當“神蹟”陡然降臨之際,穆尼如夢初醒,但已無路可退,內心的絕望和痛苦,如同一把冰冷銳利的錐子,無情扎進他的胸膛。沒有憐憫,也沒有再退一步的餘地,將他徹底葬送。
天地間風起雲湧霹靂縱橫,火勢在狂風推波助瀾之下捲起驚人火柱聳入雲端,幻如天地之神,向人間索取著祭獻,爆發出駭人聲勢,其勢之空前,足以令今人歎為觀止。
“我的…老天啊……”
田鵬愣直看去天上那火柱衝破的通天大洞,看的張口結舌兩眼發直,蘇洪同樣是大吃了一驚,合不攏嘴:
“這回他孃的厲害了,來人,來人!”
不遠處護兵忙道:
“蘇將軍何有吩咐!”
“即刻傳令全軍,下雪後即刻換裝棉服,快去!”
護兵聞訊猛是一愣,又問:
“蘇將軍,軍令沒錯吧,換棉服?”
“沒錯,馬上就要下雪,等雨一停,即刻分發棉服,這是將軍命令,快去!”
“諾!”
棉服都裝在糧袋內用皮革蓋著,由御客押運馬車隨軍轉運,如此遠觀是糧草,實則是棉衣,如此便是輕易的騙過了穆尼的耳目,令其無法察覺。其實當年黑巾軍若不是猖狂,鹹軍也許早就凍死在了永興河。

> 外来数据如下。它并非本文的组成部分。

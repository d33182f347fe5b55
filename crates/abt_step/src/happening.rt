//! Events that happen to a net at work, and their answers.
ghost use Rattle.std.specs.Prelude.{◌≡◌, ◌+◌, ◌∷◌, ◌++◌, [], List, OnOk, length, string_bytes};
ghost use Rattle.abt_text.specs.Text.{◌⋅◌};
ghost use Rattle.abt_net.specs.Topology.{Topology};
ghost use Rattle.abt_model.specs.declared.event.Event.{Event as EventSpec};
ghost use Rattle.abt_step.specs.Stepped.{lines_to, object_to};
ghost use Rattle.abt_step.specs.Steps.{WorksAt};
ghost use Rattle.abt_step.specs.declared.asked.Asked.TheVariants.{Happen as Happens, Reset as Begins};

use crate::lines::{push_outcome_line, push_shown_lines};
use crate::net_at_work::NetAtWork;
use crate::objects::{push_event_object, push_reset_object};
use abt_model::Event;
use abt_node::Onward;
use abt_plans::AnswerForm;
use std::alloc::{AllocError, Global};

// Lets the event of a number happen, and adds its answer in words.
pub(crate) fn happen_in_words(
    alloc: Global,
    work: &mut NetAtWork<'_>,
    form: AnswerForm,
    number: u64,
    event: &Event,
    text: &mut String,
) -> Result<(), AllocError>
    ensures says { (net : Topology) (opening events : List EventSpec) → WorksAt net events work.old →
        number ≡ length events + 1 → OnOk result (string_bytes text.new
        ≡ string_bytes text.old ⋅ lines_to form net opening events (Happens event.now)) }
    ensures stands { (net : Topology) (events : List EventSpec) → WorksAt net events work.old →
        OnOk result (WorksAt net (events ++ event.now ∷ []) work.new) }
{
    // Names a type within an outcome, without which the checker can't follow one.
    let _ = Onward::Pass;
    let outcome = work.step(event)?;
    push_outcome_line(text, number, &outcome)?;
    if form.state || form.possible {
        return push_shown_lines(alloc, work, form, text);
    }
    Ok(())
}

// The same with its answer as an object.
pub(crate) fn happen_as_object(
    alloc: Global,
    work: &mut NetAtWork<'_>,
    form: AnswerForm,
    number: u64,
    event: &Event,
    text: &mut String,
) -> Result<(), AllocError>
    ensures says { (net : Topology) (opening events : List EventSpec) → WorksAt net events work.old →
        number ≡ length events + 1 → OnOk result (string_bytes text.new
        ≡ string_bytes text.old ⋅ object_to form net opening events (Happens event.now)) }
    ensures stands { (net : Topology) (events : List EventSpec) → WorksAt net events work.old →
        OnOk result (WorksAt net (events ++ event.now ∷ []) work.new) }
{
    // Names a type within an outcome, without which the checker can't follow one.
    let _ = Onward::Pass;
    let grounds = work.grounds(event);
    let reply = work.step(event)?;
    let shown = work.shown(alloc, form)?;
    push_event_object(alloc, text, number, event, &grounds, &reply, &shown)
}

// Adds the line of a new beginning, and what is shown behind it.
pub(crate) fn begin_in_words(
    alloc: Global,
    work: &NetAtWork<'_>,
    form: AnswerForm,
    text: &mut String,
) -> Result<(), AllocError>
    ensures { (net : Topology) (opening events : List EventSpec) → WorksAt net opening work.now →
        OnOk result (string_bytes text.new
        ≡ string_bytes text.old ⋅ lines_to form net opening events Begins) }
{
    text.push_str("reset\n")?;
    push_shown_lines(alloc, work, form, text)
}

// The same as an object.
pub(crate) fn begin_as_object(
    alloc: Global,
    work: &NetAtWork<'_>,
    form: AnswerForm,
    text: &mut String,
) -> Result<(), AllocError>
    ensures { (net : Topology) (opening events : List EventSpec) → WorksAt net opening work.now →
        OnOk result (string_bytes text.new
        ≡ string_bytes text.old ⋅ object_to form net opening events Begins) }
{
    let shown = work.shown(alloc, form)?;
    push_reset_object(alloc, text, &shown)
}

冰雹持續近兩刻鐘,大雨驟停,氣溫急降,雷聲中飄下些雪花,落在臉上很快被體溫融化。
蔣傑欣喜若狂,難掩心中的興奮,激動說道:
“大人,雪,真是下雪了!”
邊說,蔣傑口中不斷噴出白氣,百里燕苦笑著,卻是高興不起來:
“下山後,傳令蘇洪明日追擊,但凡繳械投降者皆可活命,奄奄一息者迅速救治,不可濫殺。俘虜盡數看押,不得殺害。”

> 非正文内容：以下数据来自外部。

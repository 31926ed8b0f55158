//! Threads that share a session with a keeper: it settles once for calls that wait at once, and nobody is told what it
//! did not keep.
ghost use Rattle.std.specs.Prelude.{◌≡◌, ◌≤◌, All, IfOk, false};
ghost use Rattle.session_lock.specs.Numbers.{count_of};
ghost use Rattle.session_lock.specs.Passes.{numbers_held};

use crate::shared_sessions::events_of;
use entry_fields::LentWhat;
use reflector_core::{CallFault, Keeper, Reply, Request, Session, Unkept, Want};
use session_lock::{Pass, SharedSession, TrustAll};
use std::alloc::Global;
use std::process::Abort;
use std::sync::Wait;
use std::test::Fail;
use std::thread;
use std::thread::{Threads, join};
use tea_base::{Blob, SessionId, WantOfMemory};

const ID: SessionId = SessionId([7; 32]);

/// How many events each view sends.
const SENDS: u32 = 20;

/// How many calls two views make, with their Joins.
const CALLS: u32 = 2 * (SENDS + 1);

/// How many threads call at once in the largest test, and how many events each of them sends: 10^5 in all.
const CROWD: u32 = 64;

const CROWD_SENDS: u32 = 1563;

/// In one of so many rounds two views surely share a settling.
const ROUNDS: u32 = 100;

/// A keeper that counts how often it settles, and fails once it has settled so often.
#[derive(Drop)]
struct CountingKeeper {
    most: u32,
    settles: u32,
    unsettled: bool,
    failed: bool,
}

impl CountingKeeper {
    fn new(most: u32) -> CountingKeeper
        ensures { result.failed ≡ false }
    {
        CountingKeeper {
            most,
            settles: 0,
            unsettled: false,
            failed: false,
        }
    }
}

impl Keeper for CountingKeeper {
    ghost use Rattle.std.specs.Prelude.{◌≡◌, true, not, ◌&&◌, if◌then◌else◌};

    ghost holds = { λ _ _. Unit {0} };

    ghost writes = { λ _ _. Unit {0} };

    ghost settled = { λ keeper. not keeper.unsettled && not keeper.failed };

    ghost shut = { λ keeper. keeper.failed ≡ true };

    ghost faults = { λ keeper. if keeper.failed then 1 else 0 };

    fn keep_entry(&mut self, _time: u64, _view: u32, _what: LentWhat<'_>) -> Result<(), Unkept> {
        if self.failed {
            return Err(Unkept);
        }
        self.unsettled = true;
        Ok(())
    }

    fn keep_tick(&mut self, _time: u64) -> Result<(), Unkept> {
        if self.failed {
            return Err(Unkept);
        }
        self.unsettled = true;
        Ok(())
    }

    fn keep_snapshot(&mut self, _time: u64, _bytes: &[u8]) -> Result<(), Unkept> {
        self.settle()
    }

    fn settle(&mut self) -> Result<(), Unkept> {
        if self.failed || self.settles >= self.most {
            self.failed = true;
            return Err(Unkept);
        }
        // it takes long, as that of a file does
        thread::yield_now();
        self.settles += 1;
        self.unsettled = false;
        Ok(())
    }

    fn is_settled(&self) -> bool {
        !self.unsettled && !self.failed
    }
}

/// How often a view was answered, and how often its call was not kept.
#[derive(Clone, Copy, Debug, PartialEq, Eq)]
struct Told {
    answered: u32,
    unkept: u32,
}

impl Told {
    /// Notes how one call ended.
    fn note(&mut self, end: &Result<Reply, CallFault>) {
        match end {
            Ok(Reply::Joined { .. }) | Ok(Reply::Stamped { .. }) => {
                self.answered = self.answered.saturating_add(1)
            }
            Err(CallFault::Unkept) => self.unkept = self.unkept.saturating_add(1),
            _ => {}
        }
    }
}

type Shared = SharedSession<TrustAll, CountingKeeper>;

type KeptPass = Pass<CountingKeeper>;

/// The view joins and sends so many events, numbered from 1.
fn join_and_send<R: Wait>(
    rt: &R,
    alloc: Global,
    shared: &Shared,
    mut pass: KeptPass,
    view: u32,
    sends: u32,
) -> (KeptPass, Told)
    requires { pass.session ≡ shared.now.session }
    ensures session { result.0.session ≡ shared.now.session }
    ensures numbers { numbers_held result.0 ≡ numbers_held pass }
{
    let mut told = Told {
        answered: 0,
        unkept: 0,
    };
    let request = Request::Join {
        view,
        now: 0,
        want: Want::Fresh,
    };
    let result = shared.call_kept(rt, &mut pass, &request);
    told.note(&result);
    let joined = match result {
        Ok(Reply::Joined { seq, .. }) => seq,
        _ => 0,
    };
    for number in 1..=sends {
        let request = Request::Send {
            view,
            joined,
            number,
            payload: Blob::new(alloc),
            now: 0,
        };
        told.note(&shared.call_kept(rt, &mut pass, &request));
    }
    (pass, told)
}

/// The views 1 and 2, each in a thread of its own, by their passes.
fn two_join_and_send<R: Threads + Wait + Sync>(
    rt: &R,
    alloc: Global,
    shared: &Shared,
    first: KeptPass,
    second: KeptPass,
) -> ((KeptPass, Told), (KeptPass, Told))
    requires first_session { first.session ≡ shared.now.session }
    requires second_session { second.session ≡ shared.now.session }
    ensures first_session { result.0.0.session ≡ shared.now.session }
    ensures second_session { result.1.0.session ≡ shared.now.session }
    ensures first_numbers { numbers_held result.0.0 ≡ numbers_held first }
    ensures second_numbers { numbers_held result.1.0 ≡ numbers_held second }
{
    join(
        rt,
        || -> (KeptPass, Told)
            requires { first.session ≡ shared.now.session }
            ensures session { result.0.session ≡ shared.entry.now.session }
            ensures numbers { numbers_held result.0 ≡ numbers_held first }
        { join_and_send(rt, alloc, shared, first, 1, SENDS) },
        || -> (KeptPass, Told)
            requires { second.session ≡ shared.now.session }
            ensures session { result.0.session ≡ shared.entry.now.session }
            ensures numbers { numbers_held result.0 ≡ numbers_held second }
        { join_and_send(rt, alloc, shared, second, 2, SENDS) },
    )
}

/// Whether a Pull is answered.
fn pulls<R: Wait>(rt: &R, shared: &Shared, pass: &mut KeptPass) -> bool
    requires { pass.old.session ≡ shared.now.session }
    ensures session { pass.new.session ≡ shared.now.session }
    ensures numbers { numbers_held pass.new ≡ numbers_held pass.old }
{
    let request = Request::Pull { after: 0, limit: 1 };
    matches!(
        shared.call_kept(rt, pass, &request),
        Ok(Reply::Batch { .. })
    )
}

/// What two views leave that were served at once.
#[derive(Drop)]
struct Left {
    session: Session,
    keeper: CountingKeeper,
    first: Told,
    second: Told,
    /// A Pull was answered after all other calls.
    pulled: bool,
}

/// Two views are served, by a keeper that settles so often.
fn serve_two<R: Threads + Wait + Sync>(rt: &R, alloc: Global, most: u32) -> Result<Left, Fail> {
    let session = Session::new(alloc);
    // tells that the session is sound, so that it covers itself
    let _horizon = session.horizon(); // for the prover
    let keeper = CountingKeeper::new(most);
    let (shared, mut first) = SharedSession::with_keeper(alloc, ID, session, keeper, TrustAll)
        .ok()
        .ok_or("memory")?;
    let second = shared.split(&mut first, 0)?;
    let ((mut first, told_first), (second, told_second)) = two_join_and_send(
        rt, alloc, &shared, first, second,
    );
    shared.merge(&mut first, second);
    let pulled = pulls(rt, &shared, &mut first);
    let (session, keeper) = shared.close_kept(first);
    Ok(Left {
        session,
        keeper,
        first: told_first,
        second: told_second,
        pulled,
    })
}

/// All was answered, in as many settlings as the calls of one view at least.
fn look_at_all<R: Abort>(rt: &R, left: &Left) -> Result<(), Fail> {
    let all = Told {
        answered: SENDS + 1,
        unkept: 0,
    };
    assert_eq!(rt; left.first, all);
    assert_eq!(rt; left.second, all);
    assert_eq!(rt; left.session.log().len(), CALLS);
    assert!(rt; left.keeper.settles > SENDS && left.pulled);
    Ok(())
}

#[test]
fn calls_that_wait_at_once_are_settled_at_once(rt: HostRuntime) -> Result<(), Fail> {
    for _ in 0..ROUNDS {
        let left = serve_two(&rt, rt.alloc(), u32::MAX)?;
        look_at_all(&rt, &left)?;
        if left.keeper.settles < CALLS {
            return Ok(());
        }
    }
    Err("each call was settled by itself")?
}

/// The log has what was answered and nothing else. Each view met the keeper's failure, and could read all the same.
fn look_at_failed<R: Abort>(rt: &R, left: &Left) -> Result<(), Fail> {
    let log = left.session.log();
    assert_eq!(rt;
        log.len(),
        left.first.answered.saturating_add(left.second.answered)
    );
    assert_eq!(rt; events_of(log, 1)?, left.first.answered.saturating_sub(1));
    assert_eq!(rt; events_of(log, 2)?, left.second.answered.saturating_sub(1));
    assert!(rt; left.first.unkept > 0 && left.second.unkept > 0);
    assert!(rt; left.keeper.failed && left.pulled);
    Ok(())
}

#[test]
fn what_was_not_settled_is_told_to_nobody(rt: HostRuntime) -> Result<(), Fail> {
    for most in 0..SENDS {
        let left = serve_two(&rt, rt.alloc(), most)?;
        look_at_failed(&rt, &left)?;
    }
    Ok(())
}

/// So many passes of a session, each for a view of its own.
fn passes_of(
    alloc: Global,
    shared: &Shared,
    lead: &mut KeptPass,
    count: u32,
) -> Result<Vec<KeptPass>, WantOfMemory>
    requires session { lead.old.session ≡ shared.now.session }
    requires enough { count ≤ count_of lead.old.spare }
    ensures lead { lead.new.session ≡ shared.now.session }
    ensures passes { IfOk result (λ passes. All (λ pass. pass.session ≡ shared.now.session) passes.items) }
{
    let mut passes = Vec::new(alloc);
    for _made in 0..count {
        passes.push(shared.split(lead, 0)?)?;
    }
    Ok(passes)
}

/// A view for each pass joins and sends, in a thread beside the others. They are numbered down from this one. Tells how many calls were answered.
fn crowd_sends<R: Threads + Wait + Sync>(
    rt: &R,
    alloc: Global,
    shared: &Shared,
    mut passes: Vec<KeptPass>,
    view: u32,
) -> u32
    requires { All (λ pass. pass.session ≡ shared.now.session) passes.items }
{
    let Some(pass) = passes.pop() else {
        return 0;
    };
    let (told, others) = join(
        rt,
        || -> Told
            requires { pass.session ≡ shared.now.session }
        { join_and_send(rt, alloc, shared, pass, view, CROWD_SENDS).1 },
        || -> u32
            requires { All (λ pass. pass.session ≡ shared.now.session) passes.items }
        { crowd_sends(rt, alloc, shared, passes, view.saturating_sub(1)) },
    );
    others.saturating_add(told.answered)
}

#[test]
fn nobody_in_a_crowd_is_left_asleep(rt: HostRuntime) -> Result<(), Fail> {
    let alloc = rt.alloc();
    let session = Session::new(alloc);
    // tells that the session is sound, so that it covers itself
    let _horizon = session.horizon(); // for the prover
    let keeper = CountingKeeper::new(u32::MAX);
    let (shared, mut lead) = SharedSession::with_keeper(alloc, ID, session, keeper, TrustAll)
        .ok()
        .ok_or("memory")?;
    let passes = passes_of(alloc, &shared, &mut lead, CROWD)?;
    assert_eq!(rt;
        crowd_sends(&rt, alloc, &shared, passes, CROWD),
        CROWD * (CROWD_SENDS + 1)
    );
    assert_eq!(rt;
        shared.calls_done(&mut lead),
        (CROWD * (CROWD_SENDS + 1)) as u64
    );
    Ok(())
}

“大人,您常說不能婦人之仁,為何此時卻下不了手了?”
“唉……”百里燕仰天長嘆,神色凝重:“上天有好生之德,此役雖勝,卻非戰之功,乃假天時之力,傷性命十數萬。我非嗜血之人,若非為我軍生存大計,不可輕為。
你要記住,兵者重任,兇器也,執器御暴,不可枉殺,不可濫殺,世雖無鬼神,但必有善惡因果,你要謹記!”
“謹遵大人之命,屬下必銘記在心!”
“好啦,繼續下山吧……”
百里燕是堅定的無神論者,但不妨礙他對萬物有靈的執念。世界上也許沒有鬼神,但中國人都信善惡終將有報,他以超常規的手段,輕易斃傷十數萬人,勝利來的如此輕易,冥冥之中絕不會沒有一丁點的反噬。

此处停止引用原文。